Transactions with affiliated companies of the Free Hanseatic City of Bremen (municipality) and (state)

Individual companies of BLG LOGISTICS maintain ongoing business relationships with affiliated companies of the Free Hanseatic City of Bremen (municipality).

BLG KG took out several loans from BLG Unterstützungskasse GmbH, Bremen. The loan liabilities amounted to EUR 25,600,000 as of December 31, 2020 (previous year: EUR 25,600,000). In the reporting year, no loan liabilities were repaid and no new loan liabilities were taken out. Interest of EUR 505,000 (previous year: EUR 519,000) was paid. In addition, BLG Unterstützungskasse GmbH has been included in the central cash management of BLG KG since September 1, 2012. The interest on the funds provided is based on unchanged conditions. At the end of the reporting period, receivables from cash management were EUR 7,429,000 (previous year: liabilities of EUR 1,619,000).
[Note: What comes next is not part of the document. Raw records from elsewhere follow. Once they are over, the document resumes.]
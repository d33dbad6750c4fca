//! Changes the customers into those of a file, writes such a file, and writes the commands file anew in fewer lines.

use crate::appending::{Addition, Manner};
use crate::changing::unled;
use crate::commands_file::{HeldFile, Loaded, put_in_place, store_name, write_new};
use crate::customers::judge_daemon;
use crate::desk::{Clerk, Desk, FoundAt, Stop};
use indexmap::IndexMap;
use labntpd_files::{KeyLines, Text, WantedCustomer, WantedKey, read_wanted, write_wanted};
use ntp_admin::{Command, Escaped, Status};
use ntp_clerk::{
    ByAddress, Dotted, GivenKey, Keys, LeadFault, Seen, Terms, Wanted, command_line, commands_to,
    customers_of, ends_many, fold, have_same_keys, name_line, seen_at, seen_terms,
};
use ntp_host::MOST_COMMANDS_OCTETS;
use ntp_mac::{Algorithm, Key};
use ntp_service::Address;
use std::alloc::{AllocError, Global};
use std::fmt::Write as _;
use std::fs;
use std::io::Write as _;

/// How a file of customers is applied.
#[derive(Clone, Copy)]
pub struct Application<'a> {
    pub path: &'a str,
    /// Whether the clerk is asked first.
    pub asks: bool,
    /// Whether more than a quarter of the enrolments may end.
    pub ends_many: bool,
    pub manner: Manner<'a>,
}

/// Changes the customers into those of a file, and prints what came of it.
pub fn apply(clerk: &Clerk<'_>, application: &Application<'_>) -> Result<(), Stop> {
    let wanted = wanted_at(clerk.desk, application.path)?;
    let work = Work {
        clerk,
        application,
        wanted: &wanted,
    };
    match application.manner.dry_run {
        true => work.judge_ending(&work.changes(&clerk.load()?)?),
        false => work.make(&mut HeldFile::hold(clerk)?),
    }
}

// What is applied.
#[derive(Clone, Copy)]
struct Work<'a> {
    clerk: &'a Clerk<'a>,
    application: &'a Application<'a>,
    wanted: &'a [WantedCustomer],
}

impl<'a> Work<'a> {
    // Shows the changes, and makes them in the file that is held, if there are any, once the clerk is asked.
    fn make(&self, held: &mut HeldFile) -> Result<(), Stop> {
        let changes = self.changes(&held.loaded)?;
        if changes.shown.is_empty() {
            return Ok(());
        }
        let mut addition = self.addition(&mut held.loaded, &changes)?;
        addition.read_answers()?;
        if self.application.asks {
            let (commands, names) = (addition.commands.len(), addition.names);
            let what = format_args!("apply {commands} commands and {names} names? [y/N] ");
            self.clerk.desk.ask(what)?;
        }
        addition.append(held)
    }

    // Returns the lines that make the customers the wanted ones.
    fn addition(&self, loaded: &mut Loaded, changes: &Changes) -> Result<Addition<'a>, Stop> {
        self.judge_ending(changes)?;
        judge_daemon(self.clerk, loaded)?;
        let (commands, names) = (self.commands(loaded)?, changes.names.as_str());
        Addition::new(self.clerk, self.application.manner, loaded, names, commands)
    }

    // Finds and prints the changes.
    fn changes(&self, loaded: &Loaded) -> Result<Changes, Stop> {
        loaded.judge_room(self.clerk, 0)?;
        let changes = self.found_in(loaded)?;
        match changes.shown.as_str() {
            "" => self.clerk.desk.print("nothing to change\n")?,
            shown => self.clerk.desk.print(shown)?,
        }
        Ok(changes)
    }

    // Finds the changes: of wanted customers in their order, then the enrolments that end.
    fn found_in(&self, loaded: &Loaded) -> Result<Changes, AllocError> {
        let alloc = self.clerk.desk.alloc();
        let mut there = IndexMap::new(alloc);
        for customer in customers_of(alloc, &loaded.service)?.iter() {
            there.insert(customer.address, customer.terms)?;
        }
        let mut changes = Changes {
            shown: String::new(alloc),
            names: String::new(alloc),
            enrolled: there.len(),
            ending: 0,
        };
        changes.add_all(alloc, self.wanted, loaded, &mut there)?;
        Ok(changes)
    }

    // Refuses to end many enrolments where the clerk did not allow it.
    fn judge_ending(&self, changes: &Changes) -> Result<(), Stop> {
        let (desk, ending, enrolled) = (self.clerk.desk, changes.ending, changes.enrolled);
        if ends_many(ending, enrolled) && !self.application.ends_many {
            return Err(desk.refusal(format_args!(
                "{ending} of {enrolled} enrolments would end: --end-many is wanted"
            )));
        }
        Ok(())
    }

    // Returns the commands that make the customers the wanted ones, and gives them to the service.
    fn commands(&self, loaded: &mut Loaded) -> Result<Vec<Command>, Stop> {
        let desk = self.clerk.desk;
        let mut targets = Vec::new(desk.alloc());
        for customer in self.wanted {
            let (address, terms) = (customer.address, terms_for(customer));
            targets.push(Wanted { address, terms })?;
        }
        let commands = commands_to(desk.alloc(), &mut loaded.service, &targets);
        commands.map_err(|fault| unled(desk, fault))
    }
}

// Reads the customers of a file, or reports each fault in it.
fn wanted_at(desk: Desk<'_>, path: &str) -> Result<Vec<WantedCustomer>, Stop> {
    let text = desk.text(path, desk.octets(path, MOST_COMMANDS_OCTETS as u32)?)?;
    match read_wanted(desk.alloc(), text.as_str())? {
        Ok(wanted) => Ok(wanted.customers),
        Err(found) => {
            for fault in found.iter() {
                let _ = desk.refusal_at(path, FoundAt(fault));
            }
            Err(Stop::Printed(Status::TextFaulty))
        }
    }
}

// Returns what a wanted customer is enrolled with.
fn terms_for(customer: &WantedCustomer) -> Terms {
    let given = |WantedKey { number, key }| GivenKey { number, key };
    Terms {
        older: given(customer.older),
        newer: customer.newer.map(given),
        budget: customer.budget,
    }
}

// The changes that make the customers of a commands file the wanted ones.
#[derive(Drop)]
struct Changes {
    // A line for each change, without keys.
    shown: String,
    // The lines of the names that change.
    names: String,
    // How many are enrolled now.
    enrolled: usize,
    // How many of these are not wanted.
    ending: usize,
}

impl Changes {
    // Adds the changes that make the customers of a commands file, with these terms, the wanted ones.
    fn add_all(
        &mut self,
        alloc: Global,
        wanted: &[WantedCustomer],
        loaded: &Loaded,
        there: &mut ByAddress<Terms>,
    ) -> Result<(), AllocError> {
        for customer in wanted {
            let old_name = loaded.name(customer.address);
            let name = customer.name.as_ref();
            let name = name.map_or(old_name, |name| name.as_str());
            let before = there.swap_remove(&customer.address);
            self.add(customer, before, old_name, name)?;
            if name != old_name {
                let line = name_line(alloc, customer.address, name)?;
                self.names.push_str(line.as_str())?;
            }
        }
        self.ending = there.len();
        for address in there.keys() {
            writeln!(self.shown, "- {}", Dotted(*address))?;
        }
        Ok(())
    }

    // Adds the changes of a wanted customer, who had these terms, if it was enrolled, and the old name.
    fn add(
        &mut self,
        customer: &WantedCustomer,
        before: Option<Terms>,
        old_name: &str,
        name: &str,
    ) -> Result<(), AllocError> {
        let address = Dotted(customer.address);
        let after = terms_for(customer);
        let (seen, budget) = (seen_terms(&after), after.budget);
        let keys = Keys(seen);
        let Some(before) = before else {
            write!(self.shown, "+ {address} {keys}, budget {budget}")?;
            if !name.is_empty() {
                write!(self.shown, ", name \"{name}\"")?;
            }
            return writeln!(self.shown, "");
        };
        let (old_seen, old_budget) = (seen_terms(&before), before.budget);
        let old_keys = Keys(old_seen);
        if old_budget != budget {
            writeln!(self.shown, "~ {address} budget {old_budget} -> {budget}")?;
        }
        if (before.older, before.newer) != (after.older, after.newer) {
            let is_shown = !have_same_keys(&old_seen, &seen);
            let how = if is_shown { "" } else { ", with other octets" };
            writeln!(self.shown, "~ {address} {old_keys} -> {keys}{how}")?;
        }
        if name != old_name {
            writeln!(self.shown, "~ {address} name \"{old_name}\" -> \"{name}\"")?;
        }
        Ok(())
    }
}

/// Writes the customers of the commands file with their names into a new file, or to standard output where none is named.
pub fn export(clerk: &Clerk<'_>, path: Option<&str>, keys: KeyLines) -> Result<(), Stop> {
    let (desk, mut text) = (clerk.desk, Vec::new(clerk.desk.alloc()));
    let count = write_customers(desk, &clerk.load()?, keys, &mut text)?;
    let Some(path) = path else {
        return desk.printed(desk.rt.stdout().write_all(&text));
    };
    write_new(desk, path, &text)?;
    desk.print(format_args!("{count} customers\n"))
}

// Writes the customers of a commands file with their names in the order of their addresses, and returns how many there are.
fn write_customers(
    desk: Desk<'_>,
    loaded: &Loaded,
    keys: KeyLines,
    text: &mut Vec<u8>,
) -> Result<usize, Stop> {
    let mut customers = customers_of(desk.alloc(), &loaded.service)?;
    customers.sort_by_key(|customer| customer.address)?;
    for customer in customers.iter() {
        let name = loaded.name(customer.address);
        let wanted = wanted_customer(desk.alloc(), customer, name)?;
        desk.at("customers", write_wanted(text, &wanted, keys))?;
    }
    Ok(customers.len())
}

// Returns a customer with its name, which may be empty, as a wanted one.
fn wanted_customer(
    alloc: Global,
    there: &Wanted,
    name: &str,
) -> Result<WantedCustomer, AllocError> {
    let wanted = |GivenKey { number, key }| WantedKey { number, key };
    Ok(WantedCustomer {
        address: there.address,
        older: wanted(there.terms.older),
        newer: there.terms.newer.map(wanted),
        budget: there.terms.budget,
        name: match name {
            "" => None,
            name => Some(Text::of(alloc, name)?),
        },
    })
}

/// Writes the commands file anew in fewer lines, and keeps the old one beside it; or only prints how long it would be.
pub fn fold_commands(clerk: &Clerk<'_>, dry_run: bool) -> Result<(), Stop> {
    judge_no_link(clerk)?;
    match dry_run {
        true => fold_loaded(clerk, &clerk.load()?, true),
        false => fold_loaded(clerk, &HeldFile::hold(clerk)?.loaded, false),
    }
}

// Does so with what was read of it, and prints where the old one is kept.
fn fold_loaded(clerk: &Clerk<'_>, loaded: &Loaded, dry_run: bool) -> Result<(), Stop> {
    let (desk, path) = (clerk.desk, clerk.commands());
    match folded(clerk, loaded)? {
        Some(text) if !dry_run => {
            let kept = put_in_place(desk, path, text.as_str())?;
            desk.print(format_args!(
                "kept: {kept}\nlabntpd reads the new file at its next start, and carries out no further line before: restart labntpd\n"
            ))?;
            desk.at(path, store_name(desk.rt, path))
        }
        _ => Ok(()),
    }
}

// Checks that the path is no link: a fold would replace the link, and leave the file that it names.
fn judge_no_link(clerk: &Clerk<'_>) -> Result<(), Stop> {
    let (desk, path) = (clerk.desk, clerk.commands());
    let metadata = desk.at(path, fs::symlink_metadata(desk.rt, path))?;
    if !metadata.is_symlink() {
        return Ok(());
    }
    let file = desk.at(path, fs::canonicalize(desk.rt, path))?;
    let (file, config) = (Escaped(file.as_str()), Escaped(clerk.config));
    Err(clerk.refusal(format_args!(
        "this is a symbolic link: name the file itself, {file}, as `commands` in {config}"
    )))
}

// Returns the text of the new file, and prints how long it is; returns nothing where it would not be shorter.
fn folded(clerk: &Clerk<'_>, loaded: &Loaded) -> Result<Option<String>, Stop> {
    let desk = clerk.desk;
    if loaded.octets > MOST_COMMANDS_OCTETS {
        let path = Escaped(clerk.commands());
        desk.print(format_args!(
            "{path}: what stands behind {MOST_COMMANDS_OCTETS} octets is left out: labntpd does not read it\n"
        ))?;
    } else {
        loaded.judge_room(clerk, 0)?;
    }
    let spare = desk.random_key(Algorithm::Sha1, false)?;
    let text = folded_text(desk.alloc(), loaded, spare).map_err(|fault| unled(desk, fault))?;
    let customers = customers_of(desk.alloc(), &loaded.service)?.len();
    let (octets, before) = (text.len() as u64, loaded.octets);
    if octets >= before {
        desk.print("nothing to fold\n")?;
        return Ok(None);
    }
    desk.print(format_args!(
        "customers: {customers}\ncommands file: {octets} octets, {before} before\n"
    ))?;
    Ok(Some(text))
}

// Returns the text of a file with these customers, names and records alone. A record stands in front of all to whom it belongs.
fn folded_text(alloc: Global, loaded: &Loaded, spare: Key) -> Result<String, LeadFault> {
    let addresses = loaded.service.addresses()?;
    let is_revoked = |it: &&Address| seen_at(&loaded.service, **it) == Seen::Revoked;
    let revoked: Vec<Address> = addresses.iter().filter(is_revoked).copied().collect(alloc)?;
    let commands = fold(alloc, &loaded.service, &revoked, spare)?;
    Ok(lines_for(alloc, loaded, &commands)?)
}

// Returns the lines of commands with the names and the records of the customers.
fn lines_for(alloc: Global, loaded: &Loaded, commands: &[Command]) -> Result<String, AllocError> {
    let mut text = String::new(alloc);
    // Whose comment stands there last.
    let mut last: Option<Address> = None;
    for command in commands {
        if let Command::Enrol { address, .. } = command {
            let record = loaded.record(*address);
            if record != last.map_or("", |last| loaded.record(last)) {
                writeln!(text, "{record}")?;
            }
            last = Some(*address);
            if let Some(name) = loaded.names.get(address) {
                text.push_str(name_line(alloc, *address, name.as_str())?.as_str())?;
            }
        }
        text.push_str(command_line(alloc, command)?.as_str())?;
    }
    Ok(text)
}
Relationships with non-consolidated affiliated companies, joint ventures and associates

Transactions by the Group companies with joint ventures, associates and non-consolidated affiliated companies all arose in the ordinary course of business. Services were provided to these related parties on the basis of prices and conditions also applicable to third parties. The receivables include lease receivables of EUR 183,835,000 (previous year: EUR 181,720,000). The outstanding balances, with the exception of non-current lease receivables of EUR 174,320,000 (previous year: EUR 178,071,000), are unsecured and due in the short term. The following table shows the extent of the business relationships of the joint ventures and associates:

EUR thousand 2020 2019
Affiliated companies    
Income 1 4
Expenses 12 12
Receivables 26 0
Liabilities 226 181
Joint ventures    
Income 21,572 34,111
Expenses 20,631 24,053
Receivables 192,067 196,855
Liabilities 5,148 36,074
Income 1,971 1,947
Expenses 1,385 1,626
Receivables 142 81
Liabilities 34 283

Loss allowances of EUR 36,000 (previous year: EUR 10,000) were recognized for expected credit losses on receivables from joint ventures and associates using the simplified approach. In addition, receivables from joint ventures of EUR 0 (previous year: EUR 17,000) were derecognized in the reporting year and loans to joint ventures and associates in the amount of EUR 1,410,000 (previous year: EUR 90,000) were written down. Receivables from non-consolidated affiliated companies were, as in the previous year, neither impaired nor derecognized.